Holders of Convertible Notes should read the Tender Offer Statement on Schedule TO, the Offer to Purchase, related Letter of Transmittal and other tender offer documents filed with the Securities and Exchange Commission (the “SEC”) on November 8, 2004, and any subsequently filed amendments or exhibits thereto, because they contain important information. The Tender Offer Statement on Schedule TO, the Offer to Purchase, related Letter of Transmittal and other tender offer documents filed with the SEC may be obtained free of charge from the SEC’s website at www.sec.gov. Holders of Convertible Notes may also request copies of the Tender Offer Statement on Schedule TO, the Offer to Purchase, related Letter of Transmittal and other filed tender offer documents free of charge by contacting MacKenzie Partners, Inc., the Information Agent, by telephone at (800) 322-2885 (toll-free) or (212) 929-5500 (collect), or in writing to MacKenzie Partners, Inc., 105 Madison Avenue, New York, NY 10016, Attention: Steve Balet. Questions regarding the tender offer may be directed to The Bank of New York, the Depositary, at (212) 815-5920, or in writing to The Bank of New York, Corporate Trust Operatio ns, Reorganization Unit, 101 Barclay Street - 7 East, New York, NY 10286, Attention: Carolle Montreuil.

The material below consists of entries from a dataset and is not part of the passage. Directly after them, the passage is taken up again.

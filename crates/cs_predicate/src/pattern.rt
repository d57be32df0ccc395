//! Texts and patterns.

ghost use Rattle.std.specs.Prelude.{◌≡◌, ◌≤◌, length};
ghost use Rattle.cs_model.specs.Likes as spec;
ghost use Rattle.cs_model.specs.Likes.{has_end};
ghost use Rattle.cs_predicate.specs.Verdicts.{says, SaysOfEnds, to_compare};

/// What is known of a text and a pattern once they are compared up to the pattern's next `%`.
#[derive(Clone, Copy)]
enum Verdict<'a> {
    /// The text is like the pattern.
    Like,
    /// It is not.
    Unlike,
    /// It is if an end of this text is like this pattern, which stand after the bytes compared.
    Open { pattern: &'a [u8], text: &'a [u8] },
}

/// Whether a byte of a pattern, other than `%`, stands for a byte.
fn meets(first: u8, byte: u8) -> bool
    ensures { result ≡ spec.meets first byte }
{
    first == b'_' || first == byte
}

/// Compares a text with a pattern up to the pattern's next `%`.
fn front<'a>(pattern: &'a [u8], text: &'a [u8]) -> Verdict<'a>
    ensures says { says result ≡ spec.is_like pattern.now text.now }
    ensures ends { SaysOfEnds result (has_end (spec.is_like pattern.now) text.now) }
    ensures smaller { to_compare result ≤ length pattern.now }
{
    let mut rest = pattern;
    let mut left = text;
    while let Some((first, behind)) = rest.split_first() {
        if *first == b'%' {
            return Verdict::Open {
                pattern: behind,
                text: left,
            };
        }
        match left.split_first() {
            Some((byte, after)) if meets(*first, *byte) => {
                rest = behind;
                left = after;
            }
            _ => return Verdict::Unlike,
        }
    }
    if left.is_empty() {
        Verdict::Like
    } else {
        Verdict::Unlike
    }
}

/// Compares the ends of a text with a pattern up to the pattern's next `%`. The first end whose beginning fits decides: what an
/// end further on leaves after its own beginning is an end of what this one leaves.
fn front_of_ends<'a>(pattern: &'a [u8], text: &'a [u8]) -> Verdict<'a>
    ensures says { says result ≡ has_end (spec.is_like pattern.now) text.now }
    ensures smaller { to_compare result ≤ length pattern.now }
{
    let mut left = text;
    while let Some((_, after)) = left.split_first() {
        let found = front(pattern, left);
        if !matches!(found, Verdict::Unlike) {
            return found;
        }
        left = after;
    }
    front(pattern, left)
}

/// Whether a text is like a pattern: in the pattern `%` is any run of bytes, `_` one byte, any other byte itself. It takes
/// no memory, and at most as many steps as the lengths of both multiplied.
pub fn is_like(pattern: &[u8], text: &[u8]) -> bool
    ensures { result ≡ spec.is_like pattern.now text.now }
{
    let mut found = front(pattern, text);
    while let Verdict::Open { pattern, text } = found {
        found = front_of_ends(pattern, text);
    }
    matches!(found, Verdict::Like)
}
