// The text of the reports on row groups and their segments, and of what a REORGANIZE left.
ghost use Rattle.std.specs.Prelude.{◌≡◌, ◌++◌, OnOk, codes, decimal};
ghost use Rattle.cs_types.specs.Text.{value_text};
ghost use Rattle.cs_model.specs.Text.{next_part, state_code, state_name, encoding_name, bit_of, column_kind, IsPrintableCell, IsPrintableSegment};

use crate::print_lines::ReplyLine;
use crate::print_work::append_actor;
use crate::report::{GroupLine, GroupState, SegmentLine};
use crate::work::Actor;
use cs_base::Memory;
use cs_types::{ColumnType, Encoding, Line, Schema, Value, loose_of, print_loose};

impl GroupState {
    /// Its number in reports.
    fn code(self) -> u64
        ensures { result ≡ state_code self }
    {
        match self {
            GroupState::Invisible => 0,
            GroupState::Opened => 1,
            GroupState::Closed => 2,
            GroupState::Compressed => 3,
            GroupState::Tombstone => 4,
        }
    }

    /// Its name in reports.
    fn name(self) -> &'static [u8]
        ensures { result.now ≡ state_name self }
    {
        match self {
            GroupState::Invisible => b"INVISIBLE",
            GroupState::Opened => b"OPEN",
            GroupState::Closed => b"CLOSED",
            GroupState::Compressed => b"COMPRESSED",
            GroupState::Tombstone => b"TOMBSTONE",
        }
    }
}

/// The name of an encoding in reports.
fn encoding_name(encoding: Encoding) -> &'static [u8]
    ensures { result.now ≡ encoding_name encoding }
{
    match encoding {
        Encoding::ValuePacked => b"VP",
        Encoding::ValueRuns => b"VR",
        Encoding::DictPacked => b"DP",
        Encoding::DictRuns => b"DR",
    }
}

/// 1 where something is so, and 0 where it is not.
fn bit_of(holds: bool) -> u64
    ensures { result ≡ bit_of holds }
{
    if holds { 1 } else { 0 }
}

/// Adds a part, after a comma and a space.
fn append_part(part: &[u8], line: &mut Line) -> Result<(), Memory>
    ensures { OnOk result (line.new ≡ line.old ++ next_part part.now) }
{
    line.append(b", ")?;
    line.append(part)
}

/// Adds a number, after a comma and a space.
fn append_count(count: u64, line: &mut Line) -> Result<(), Memory>
    ensures { OnOk result (line.new ≡ line.old ++ next_part (decimal count)) }
{
    line.append(b", ")?;
    line.append_number(count)
}

/// Adds a cell of a column of this type, after a comma and a space.
fn append_cell(kind: ColumnType, cell: &Value, line: &mut Line) -> Result<(), Memory>
    requires { IsPrintableCell kind cell.now }
    ensures { OnOk result (line.new ≡ line.old ++ next_part (value_text kind cell.now)) }
{
    line.append(b", ")?;
    print_loose(&loose_of(kind, cell)?, line)
}

impl ReplyLine for GroupLine {
    ghost use Rattle.cs_model.specs.Text.{group_line};

    ghost is_printable = { λ _ _. Unit {0} };

    ghost line_of = { λ _ group. group_line group };

    fn append_to(&self, _schema: &Schema, line: &mut Line) -> Result<(), Memory> {
        line.append(b"  ")?;
        line.append_number(self.id)?;
        append_count(self.state.code(), line)?;
        append_part(self.state.name(), line)?;
        append_count(self.total, line)?;
        append_count(self.deleted, line)
    }
}

/// The type of a column, counted from 1; BIGINT where the table has no such column.
pub fn column_kind(schema: &Schema, column: u32) -> ColumnType
    ensures { result ≡ column_kind schema.now column }
{
    match schema.columns.get((column as usize).saturating_sub(1)) {
        Some(column) => column.kind,
        None => ColumnType::BigInt,
    }
}

/// Adds the group, the column and the encoding of a segment.
fn append_place(segment: &SegmentLine, line: &mut Line) -> Result<(), Memory>
    ensures { OnOk result (line.new ≡ line.old ++ codes "  " ++ decimal segment.now.id ++ next_part (decimal segment.now.column) ++ next_part (encoding_name segment.now.encoding)) }
{
    line.append(b"  ")?;
    line.append_number(segment.id)?;
    append_count(segment.column as u64, line)?;
    append_part(encoding_name(segment.encoding), line)
}

/// Adds how many cells a segment has, whether one is NULL, and its words.
fn append_sizes(segment: &SegmentLine, line: &mut Line) -> Result<(), Memory>
    ensures { OnOk result (line.new ≡ line.old ++ next_part (decimal segment.now.rows) ++ next_part (decimal (bit_of segment.now.nulls)) ++ next_part (decimal segment.now.words)) }
{
    append_count(segment.rows, line)?;
    append_count(bit_of(segment.nulls), line)?;
    append_count(segment.words, line)
}

/// Adds the least and the greatest cell of a segment.
fn append_bounds(schema: &Schema, segment: &SegmentLine, line: &mut Line) -> Result<(), Memory>
    requires { IsPrintableSegment schema.now segment.now }
    ensures { OnOk result (line.new ≡ line.old ++ next_part (value_text (column_kind schema.now segment.now.column) segment.now.least) ++ next_part (value_text (column_kind schema.now segment.now.column) segment.now.greatest)) }
{
    let kind = column_kind(schema, segment.column);
    append_cell(kind, &segment.least, line)?;
    append_cell(kind, &segment.greatest, line)
}

impl ReplyLine for SegmentLine {
    ghost use Rattle.cs_model.specs.Text.{segment_line, IsPrintableSegment};

    ghost is_printable = { IsPrintableSegment };

    ghost line_of = { segment_line };

    fn append_to(&self, schema: &Schema, line: &mut Line) -> Result<(), Memory> {
        append_place(self, line)?;
        append_sizes(self, line)?;
        append_bounds(schema, self, line)
    }
}

/// A group that was left, with who held it.
impl ReplyLine for (u64, Actor) {
    ghost use Rattle.cs_model.specs.Text.{left_line};

    ghost is_printable = { λ _ _. Unit {0} };

    ghost line_of = { λ _ held. left_line held };

    fn append_to(&self, _schema: &Schema, line: &mut Line) -> Result<(), Memory> {
        line.append(b"  ")?;
        line.append_number(self.0)?;
        line.append(b", ")?;
        append_actor(self.1, line)
    }
}
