/// The events of movers, a claim of any kind among them, move the groups only by the listed transitions: from none to an
/// invisible group, from that to a packed one or to none, from a closed or a packed one to a tombstone, and from that to none.
/// All other groups stay in their states, the next id does not fall, and an id that gets a group is drawn by the event, from the
/// next id on; so none below that is used again.
pub fn movers_move_groups()
    ensures claim { (book : Book) (actor : Actor) (choice : Choice) (sources : List ℕ) (floor : ℕ) → GroupsMoveBy mover_transitions book (after_claim actor choice sources floor book) }
    ensures flush_claim { (book : Book) (actor : Actor) (sources : List ℕ) (floor : ℕ) → GroupsMoveBy mover_transitions book (after_flush_claim actor sources floor book) }
    ensures install { (group_rows : ℕ) (book : Book) (changes : List Change) (floor : ℕ) (claim : Claim) → Contains book.claims claim → IsBookOf group_rows book changes floor
        → GroupsMoveBy mover_transitions book (after_install claim book) }
    ensures flush { (book : Book) (claim : Claim) → GroupsMoveBy mover_transitions book (after_flush claim book) }
    ensures release { (group_rows : ℕ) (book : Book) (changes : List Change) (floor : ℕ) (claim : Claim) → Contains book.claims claim → IsBookOf group_rows book changes floor
        → GroupsMoveBy mover_transitions book (after_release claim book) }
    ensures settle { (book : Book) (at : ℕ) → GroupsMoveBy mover_transitions book (after_settle at book) }
    ensures clear { (group_rows : ℕ) (book : Book) (changes : List Change) (floor : ℕ) → IsBookOf group_rows book changes floor → GroupsMoveBy mover_transitions book (after_clear book) }
{}

/// A close moves the groups only by its one transition, from the open store to a closed one. All other groups stay in their
/// states, and it draws no id.
pub fn closes_move_groups()
    ensures { (book : Book) → GroupsMoveBy close_transitions book (after_close book) }
{}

This press release contains forward-looking statements that are based on our management's current expectations. Such statements include, but are not limited to, plans, projections and estimates regarding the terms of the tender offer relating to the Convertible Notes. Such forward-looking statements are subject to certain risks, uncertainties and assumptions, including prevailing market conditions and other factors. Should one or more of these risks or uncertainties materialize, or should underlying assumptions prove incorrect, actual results may vary materially from those expected. More information about potential risk factors which could affect our results is included in our filings with the SEC.